Об избавлении
Об избавлении
Однажды, когда Заратустра проходил по большому мосту, окружили его калеки и нищие, и один горбатый так говорил ему:{361}
«Посмотри, Заратустра! Даже народ учится у тебя и приобретает веру в твоё учение; но чтобы он совсем уверовал в тебя, для этого нужно ещё одно — ты должен убедить сначала нас, калек! Здесь у тебя прекрасный выбор и, поистине, случай с несколькими шансами! Слепых можешь исцелять ты и хромых заставлять бегать, и у кого слишком много за спиной, ты тоже мог бы кое-что поубавить: это, думаю я, было бы прекрасным средством заставить калек уверовать в Заратустру!»
Но Заратустра так возразил говорившему: «Когда забирают у горбатого горб его, у него забирают и дух его — так учит народ. И когда дают слепому глаза его, он видит на земле слишком много дурного — так что он проклинает исцелившего его. Тот же, кто даёт возможность бегать хромому, наносит ему величайший вред: ибо едва он сможет бежать, как его пороки уже бегут за ним, — так учит народ о калеках.

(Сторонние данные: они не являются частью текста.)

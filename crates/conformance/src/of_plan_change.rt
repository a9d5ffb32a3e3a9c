ghost use Rattle.std.specs.Prelude.{◌≡◌, ◌<◌, All, IfOk};
ghost use Rattle.plan_model.specs.FittedPlan.{junction_of};
ghost use Rattle.plan_change.specs.Changer.{junction_in, second_in};
ghost use Rattle.plan_change.specs.Planned.{ArePlannedFor};

use aspect_player::{Aspect, PlayFault, Player, write_rows};
use junction_files::read;
use junction_model::Junction;
use plan_change::{ChangeList, Changer, change_safety_law, past_law, settled_law, write_changes};
use plan_model::FittedPlan;
use samples::plans::fitted;
use samples::{EARLY_START, PAIR};
use sig_base::MemorySink;
use std::alloc::Global;
use std::process::Abort;
use std::test::Fail;

/// The list of one change.
fn one_change(alloc: Global, at: u32, plan: &FittedPlan, seconds: u32) -> Result<ChangeList, Fail>
    requires { at < seconds }
    ensures within { IfOk result (λ list. All (λ change. change.at < seconds) list) }
    ensures fit { IfOk result (λ list. ArePlannedFor (junction_of plan.now) list) }
{
    let mut list = ChangeList::new(alloc);
    list.push(at, *plan.plan())?;
    Ok(list)
}

/// A change at a second, so many seconds of which are written, the second from which on the plan is
/// played alone, and lines of the text.
type Case = (u32, u32, u64, &'static [&'static str]);

/// Writes it, and looks at the lines.
fn writes<'j>(
    rt: &impl Abort,
    alloc: Global,
    first: &FittedPlan<'j>,
    plan: &FittedPlan<'j>,
    case: &Case,
) -> Result<(), Fail>
    requires { junction_of plan.now ≡ junction_of first.now }
{
    let (at, seconds, settled, lines) = *case;
    assert!(rt; at < seconds && seconds <= 604800);
    let changes = one_change(alloc, at, plan, seconds)?;
    assert_eq!(rt; changes.items().len(), 1);
    let mut changer = Changer::new(alloc, first);
    let mut sink = MemorySink::new(alloc);
    assert_eq!(rt;
        write_changes(alloc, &mut changer, &changes, seconds, &mut sink),
        Ok(())
    );
    assert_eq!(rt; changer.second(), u64::from(seconds));
    assert_eq!(rt; changer.settled(), settled);
    assert_eq!(rt; changer.requests().len(), 1);
    let text = str::from_utf8(sink.bytes())?;
    for want in lines {
        assert!(rt; text.split('\n').any(|line| line == *want), "{want}");
    }
    Ok(())
}

/// A's green of 0 to 24 runs out whole; 5 seconds later the plan begins anew, at 30, and it is
/// played alone a cycle later. Its B is green from 60 on, and not from 30.
const SAME_PLAN: Case = (
    12,
    90,
    90,
    &[
        "24,green,red",
        "25,amber,red",
        "28,red_amber,red",
        "30,green,red",
        "58,red,red_amber",
        "60,red,green",
    ],
);

/// The other plan begins at 30 too: A is green from 12 seconds later on, and B from 42. A cycle
/// before, B's green would be that of 12 to 33; it is left out.
const OTHER_PLAN: Case = (
    12,
    90,
    90,
    &[
        "30,red,red",
        "40,red_amber,red",
        "42,green,red",
        "72,red,green",
    ],
);

/// At 28 red-amber has announced B's green of 30 to 54, which is shown whole. The plan begins
/// at 60.
const ANNOUNCED: Case = (
    28,
    100,
    120,
    &[
        "28,red,red_amber",
        "30,red,green",
        "54,red,green",
        "60,green,red",
    ],
);

#[test]
fn a_change_of_two_groups(rt: HostRuntime) -> Result<(), Fail> {
    change_safety_law();
    past_law();
    settled_law();
    let alloc = rt.alloc();
    let junction = read(alloc, PAIR.as_bytes())?;
    let first = fitted(&junction, 60, &[0, 30], &[25, 25])?;
    let other = fitted(&junction, 60, &[12, 42], &[20, 22])?;
    writes(&rt, alloc, &first, &first, &SAME_PLAN)?;
    writes(&rt, alloc, &first, &other, &OTHER_PLAN)?;
    writes(&rt, alloc, &first, &first, &ANNOUNCED)
}

/// A is green from 0 to 17, and C, which starts 10 seconds after A, from 10 to 17. At 7 no
/// red-amber has announced C, so its green falls away while A's runs out: the link waits for the
/// plan, which begins at 23 and starts C at 33.
const BEFORE_THE_FOLLOWER: Case = (
    7,
    70,
    63,
    &[
        "8,green,red,red",
        "10,green,red,red",
        "17,green,red,red",
        "18,amber,red,red",
        "21,red_amber,red,red",
        "23,green,red,red",
        "33,green,red,green",
        "41,amber,red,amber",
        "46,red,green,red",
    ],
);

/// A second later it is announced, and runs out whole.
const FOLLOWER_ANNOUNCED: Case = (
    8,
    70,
    63,
    &[
        "8,green,red,red_amber",
        "10,green,red,green",
        "17,green,red,green",
        "18,amber,red,amber",
        "21,red_amber,red,red",
        "23,green,red,red",
        "33,green,red,green",
    ],
);

#[test]
fn a_change_with_a_link_and_a_longest_green(rt: HostRuntime) -> Result<(), Fail> {
    let alloc = rt.alloc();
    let junction = read(alloc, EARLY_START.as_bytes())?;
    let plan = fitted(&junction, 40, &[0, 23, 10], &[18, 12, 8])?;
    writes(&rt, alloc, &plan, &plan, &BEFORE_THE_FOLLOWER)?;
    writes(&rt, alloc, &plan, &plan, &FOLLOWER_ANNOUNCED)
}

/// Without a change the text is that of the plan.
#[test]
fn no_change(rt: HostRuntime) -> Result<(), Fail> {
    let alloc = rt.alloc();
    let junction = read(alloc, PAIR.as_bytes())?;
    let plan = fitted(&junction, 60, &[0, 30], &[25, 25])?;
    let none = ChangeList::new(alloc);
    let mut changer = Changer::new(alloc, &plan);
    let mut sink = MemorySink::new(alloc);
    assert_eq!(rt;
        write_changes(alloc, &mut changer, &none, 40, &mut sink),
        Ok(())
    );
    assert_eq!(rt; changer.settled(), 0);
    let mut player = Player::new(&plan);
    let mut played = MemorySink::new(alloc);
    assert_eq!(rt; write_rows(alloc, &mut player, 40, &mut played), Ok(()));
    assert_eq!(rt; sink.bytes(), played.bytes());
    Ok(())
}

/// The third push, that of second 1, fails after 2 bytes.
#[test]
fn a_push_that_fails(rt: HostRuntime) -> Result<(), Fail> {
    let alloc = rt.alloc();
    let junction = read(alloc, PAIR.as_bytes())?;
    let plan = fitted(&junction, 60, &[0, 30], &[25, 25])?;
    let changes = one_change(alloc, 12, &plan, 40)?;
    let mut changer = Changer::new(alloc, &plan);
    let mut sink = MemorySink::new(alloc);
    sink.fail_at(3, 2)?;
    assert_eq!(rt;
        write_changes(alloc, &mut changer, &changes, 40, &mut sink),
        Err(PlayFault::Sink)
    );
    assert_eq!(rt; changer.second(), 1);
    assert_eq!(rt; changer.requests().len(), 0);
    assert_eq!(rt; sink.bytes(), "second,A,B\n0,green,red\n1,".as_bytes());
    Ok(())
}

const R: Aspect = Aspect::Red;

const Y: Aspect = Aspect::RedAmber;

const G: Aspect = Aspect::Green;

const A: Aspect = Aspect::Amber;

/// Looks at what each group shows.
fn look(rt: &impl Abort, junction: &Junction, changer: &Changer, aspects: &[Aspect])
    requires { junction.now ≡ junction_in changer.now }
{
    junction.rules();
    assert_eq!(rt; aspects.len(), junction.groups().len());
    for group in 0..junction.groups().len() {
        assert_eq!(rt;
            changer.aspect(group),
            aspects[group],
            "second {}",
            changer.second()
        );
    }
}

/// Looks at the row of its second, where it is among these.
fn look_at_row(rt: &impl Abort, junction: &Junction, changer: &Changer, rows: &[(u64, &[Aspect])])
    requires { junction.now ≡ junction_in changer.now }
{
    for (second, aspects) in rows {
        if changer.second() == *second {
            look(rt, junction, changer, aspects);
        }
    }
}

/// Goes on to a second, and looks at the rows of these seconds on the way.
fn goes_on(
    rt: &impl Abort,
    junction: &Junction,
    changer: &mut Changer,
    to: u64,
    rows: &[(u64, &[Aspect])],
)
    requires { junction.now ≡ junction_in changer.old }
    ensures junction { junction_in changer.new ≡ junction_in changer.old }
    ensures second { second_in changer.new ≡ to }
{
    for _second in 0..200 {
        if changer.second() < to {
            look_at_row(rt, junction, changer, rows);
            assert!(rt; changer.second() < 1000);
            changer.tick();
        }
    }
    assert!(rt; changer.second() == to);
}

/// The first plan, asked for at 12 too, takes the place of the other one, of which nothing is
/// shown.
const ONE_SECOND: [(u64, &[Aspect]); 6] = [
    (12, &[G, R]),
    (25, &[A, R]),
    (28, &[Y, R]),
    (30, &[G, R]),
    (42, &[G, R]),
    (60, &[R, G]),
];

#[test]
fn two_requests_in_one_second(rt: HostRuntime) -> Result<(), Fail> {
    let alloc = rt.alloc();
    let junction = read(alloc, PAIR.as_bytes())?;
    let first = fitted(&junction, 60, &[0, 30], &[25, 25])?;
    let other = fitted(&junction, 60, &[12, 42], &[20, 22])?;
    let mut changer = Changer::new(alloc, &first);
    goes_on(&rt, &junction, &mut changer, 12, &[]);
    look(&rt, &junction, &changer, &[G, R]);
    changer.change(&other)?;
    look(&rt, &junction, &changer, &[G, R]);
    changer.change(&first)?;
    assert_eq!(rt; changer.settled(), 90);
    assert_eq!(rt; changer.requests().len(), 2);
    goes_on(&rt, &junction, &mut changer, 100, &ONE_SECOND);
    Ok(())
}

/// The first request's plan would begin at 30. At 26, in the gap, A shows amber and nothing is
/// announced: the other plan begins 5 seconds after 27, and A is green 12 seconds later.
const IN_THE_GAP: [(u64, &[Aspect]); 9] = [
    (24, &[G, R]),
    (26, &[A, R]),
    (27, &[A, R]),
    (28, &[R, R]),
    (30, &[R, R]),
    (42, &[Y, R]),
    (44, &[G, R]),
    (64, &[A, R]),
    (74, &[R, G]),
];

#[test]
fn a_request_in_an_earlier_gap(rt: HostRuntime) -> Result<(), Fail> {
    let alloc = rt.alloc();
    let junction = read(alloc, PAIR.as_bytes())?;
    let first = fitted(&junction, 60, &[0, 30], &[25, 25])?;
    let other = fitted(&junction, 60, &[12, 42], &[20, 22])?;
    let mut changer = Changer::new(alloc, &first);
    goes_on(&rt, &junction, &mut changer, 12, &IN_THE_GAP);
    changer.change(&first)?;
    goes_on(&rt, &junction, &mut changer, 26, &IN_THE_GAP);
    changer.change(&other)?;
    assert_eq!(rt; changer.settled(), 92);
    goes_on(&rt, &junction, &mut changer, 110, &IN_THE_GAP);
    Ok(())
}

И почему бы Заратустре не учиться у народа, если народ учится у Заратустры?
Но с тех пор как живу я среди людей, для меня это ещё наименьшее зло, что вижу я: этому недостаёт глаза, тому — уха, третьему — ноги, а есть и такие, что потеряли язык, или нос, или голову.
Я вижу и видел худшее, иной раз столь отвратительное, что не обо всём хотелось бы говорить, а об ином не хотелось бы даже и молчать: например, о людях, которым недостаёт всего, кроме одного, что у них в избытке, — о людях, которые не что иное, как один большой глаз, или один большой рот, или одно большое брюхо, или вообще что-нибудь большое; калеками наизнанку называю я таких.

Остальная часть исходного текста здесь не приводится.